President-elect Trump and the Republican leadership continue to declare their intent to largely reverse the Affordable Care Act (ACA), the legislation responsible for insuring 21 million more Americans since its inception in 2010.
There are two provisions, however, that he has vowed to keep due to their broad popularity: no exclusion of pre-existing conditions and coverage up to age 26 on a parent’s health plan. There is a third provision that we must urge Mr. Trump and our legislators to retain ― the one that covers preventive services and one wellness visit (“physical”) per year with no out-of-pocket costs to patients (no co-pay or deductible charge).

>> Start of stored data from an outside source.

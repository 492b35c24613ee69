//! Laws on sessions. They run no code.

ghost use Rattle.std.specs.Prelude.{◌≡◌, codes};
ghost use Rattle.radio_events.specs.Endings.{ending_word};
ghost use Rattle.radio_events.specs.declared.state.Ending.TheVariants.{Done};
ghost use Rattle.radio_session.specs.LastWords.{DenialsNameTheirRule, RulesWithoutStatusAreSilent, LateDenialsAreSilent, FinishesAreSilent, DoneCommandsAreAnswered};
ghost use Rattle.radio_session.specs.LastWords.{RefusalsNameTheirRule, WholeBodiesAreDone, FaultyBodiesAreSilent};
ghost use Rattle.radio_session.specs.Bodies.{PlainBodiesAreHeard, SizedBodiesAreHeard, ChunkedBodiesAreHeard, FaultyBodiesAreHeard};
ghost use Rattle.radio_session.specs.Greetings.{WhoWaitsIsToldToGoOn, NobodyElseIsToldToGoOn};
ghost use Rattle.radio_session.specs.Cuts.{CutsDoNotMatter, PiecesAreHeardAsOne};
ghost use Rattle.radio_session.specs.CutTelling.{CutsAreToldAlike, PiecesAreToldAsOne};
ghost use Rattle.radio_session.specs.Told.{DrawsFollowTheHead, PlainDrawsAreTheirData, JoinedDrawsAreWoven, DrawsAreTakenOutAgain};
ghost use Rattle.radio_session.specs.SentTitles.{TitlesAreSentInTime, NoTitleIsRepeated};
ghost use Rattle.radio_session.specs.Laws.{HearingIsOne, HearingFailsNothing, TellingFailsNothing};

use radio_blocks::laws::blocks_are_the_data;
use radio_events::Server;
use radio_heads::{heads_lie_within, readings_agree, settled};
use radio_icy::laws::{bare_of_woven, unwoven_streams, woven_streams};
use radio_source::laws::{
    pieces_are_joined, plain_bodies, sized_bodies, whole_bodies_are_complete,
};

/// The events of a source's whole body are its data and, if the body has an end, that end (RFC 9112, section 6). No
/// byte of its framing is data. A body with a fault ends by that fault.
// rule: Framing; End of a body
pub fn bodies_are_heard_as_their_data()
    ensures plain { PlainBodiesAreHeard }
    ensures sized { SizedBodiesAreHeard }
    // the data of the chunks, and nothing of their lines and trailers
    ensures chunked { ChunkedBodiesAreHeard }
    // with a byte that no chunked body has there, the body ends by a fault
    ensures faulty { FaultyBodiesAreHeard }
{
    plain_bodies();
    sized_bodies();
    whole_bodies_are_complete();
}

/// An admitted source that waits for `100 Continue` gets that first (RFC 9110, section 10.1.1). Each other source
/// gets the answer that it is admitted.
// rule: Greeting of a source
pub fn who_waits_is_told_to_go_on()
    ensures waits { WhoWaitsIsToldToGoOn }
    ensures other { NobodyElseIsToldToGoOn }
{}

/// However a connection's bytes are cut into pieces, they mean the same head, the same data and the same events. Only
/// the cuts between blocks may differ.
// rule: Cuts do not matter
pub fn cuts_do_not_matter()
    // in two cuttings of the same bytes
    ensures alike { CutsDoNotMatter }
    // in pieces, and in one
    ensures as_one { PiecesAreHeardAsOne }
{
    readings_agree();
    settled();
    heads_lie_within();
    blocks_are_the_data();
    pieces_are_joined();
}

/// However a connection's bytes are cut into pieces, the server writes the same bytes to it, and shuts it with the
/// same word. This holds if nothing else happens between the pieces, and the server's replies depend on a source's
/// data, not on its cuts into blocks. The connection takes no piece once it is shut.
// rule: Cuts do not matter
pub fn cuts_are_told_alike<S: Server>()
    // in two cuttings of the same bytes
    ensures alike { CutsAreToldAlike S.steps }
    // in pieces, and in one
    ensures as_one { PiecesAreToldAsOne S.steps }
{
    readings_agree();
    settled();
    heads_lie_within();
    blocks_are_the_data();
    pieces_are_joined();
}

/// The bytes of a connection have one meaning: one list of events.
pub fn hearing_is_one()
    ensures { HearingIsOne }
{
    readings_agree();
}

/// A session fails only by a call that is refused memory.
pub fn only_refused_calls_fail()
    ensures read { HearingFailsNothing }
    ensures written { TellingFailsNothing }
{}

/// A connection is shut with the word of the rule that ended it, or with `done` if none did. If an answer of that
/// rule precedes the end, it names the rule and has the rule's status.
// rule: Bad head; Bad method; Finishes are silent; Answer to a denial; Commands by GET; Greeting of a source
// rule: End of a body
pub fn last_words_name_the_rule()
    // a denial of the request is an answer that names the rule
    ensures denied { DenialsNameTheirRule }
    // there is no answer if the rule has no status
    ensures no_status { RulesWithoutStatusAreSilent }
    // nor if a source or a listener was admitted before
    ensures denied_late { LateDenialsAreSilent }
    // a client that a rule finished gets nothing
    ensures finished { FinishesAreSilent }
    // a command that was done gets an answer of its text, and the word is `done`
    ensures command { DoneCommandsAreAnswered }
    // the connection's own refusal is an answer that names the rule
    ensures refused { RefusalsNameTheirRule }
    // a whole body ends with `done`, and a body with a fault ends silently with `bad-body`
    ensures whole { WholeBodiesAreDone }
    ensures faulty { FaultyBodiesAreSilent }
    // `done` is the word if no rule ended the connection
    ensures done { ending_word Done ≡ codes "done" }
{}

/// A listener's head is followed by the data of its draws. If the head names an interval, a metadata block follows
/// each interval of the data.
// rule: Metadata interval; Metadata count
pub fn listeners_are_told_what_they_draw()
    // the joined data of the draws follow the head
    ensures joined { DrawsFollowTheHead }
    // they are the data alone if the head names no interval
    ensures plain { PlainDrawsAreTheirData }
    // if it names one, they are woven: each block has the title of the draw that ended its interval
    ensures woven { JoinedDrawsAreWoven }
    // that title is then the last one sent, and none is sent twice in a row
    ensures in_time { TitlesAreSentInTime }
    ensures not_repeated { NoTitleIsRepeated }
    // with the metadata taken out, they are the data and the texts of the titles sent
    ensures taken_out { DrawsAreTakenOutAgain }
{
    woven_streams();
    bare_of_woven();
    unwoven_streams();
}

Prevention in health care is the idea that for some diseases (such as breast cancer or HIV) we may be able to prevent devastating illness or death by detecting them early enough to offer the most effective treatment. For other diseases (such as colon cancer or influenza), “prevention” is a test or a vaccine which may be able to avoid the disease altogether. Under the ACA at least 30 different preventive services including laboratory and imaging tests, vaccines, medications and even a genetic test must be covered for appropriate patients at no additional cost. Furthermore, this list of covered benefits is not static, but is structured to evolve as tests or interventions are found to be sufficiently supported by scientific research.
It is estimated that an astounding 40 percent of our now $3 trillion yearly expenditure in health care (the most expensive in the world) is due to preventable illness related to diet, lack of exercise, smoking and excessive alcohol. This massive price tag is only one of many costs which snowball once you consider the opportunity costs of lost wages, family and care-taker resources, not to mention the personal suffering involved. As a primary care physician in one the nation’s largest Community Health Centers, I witness daily the ravages of illnesses that could have been prevented with engagement of people earlier on in wellness and awareness of their own role in avoiding disease. A 2013 Kaiser Family Foundation Survey found that up to 50 percent of adults had put off a recommended preventive service within the previous year due to a concern about cost. This despite the fact that many of them likely did have more access and coverage for that service – under the ACA ― than they were aware. It takes time to re-educate a nation of people who have previously been flummoxed by the vagaries of piecemeal coverage. You don’t need wait to seek care only when you have a concerning symptom; you now have a right (and even a duty) to seek expert advice on how to remain healthy.
Some may complicate this simple message by criticizing the agencies that summarize the scientific evidence that helps to determine which tests will be covered, but those criteria are transparent and based on research conducted generally over many years with diverse populations. Others may say that we still don’t have all the answers about which preventive measures are most effective, but as with any field of medicine, knowledge builds on experience and more data.
There is now a building effort in American health care to engage us all in wellness and disease prevention. The preventive health provision of the Affordable Care Act enables, through complete coverage of these services, a counterbalance to catastrophic care. Now in what appears to be the 11th hour of the ACA, even if you took issue with the partisan way in which the healthcare legislation was passed, you should stand up for the provisions that will save lives and prevent suffering. We must work to preserve access to these services as they may well, in turn, preserve us.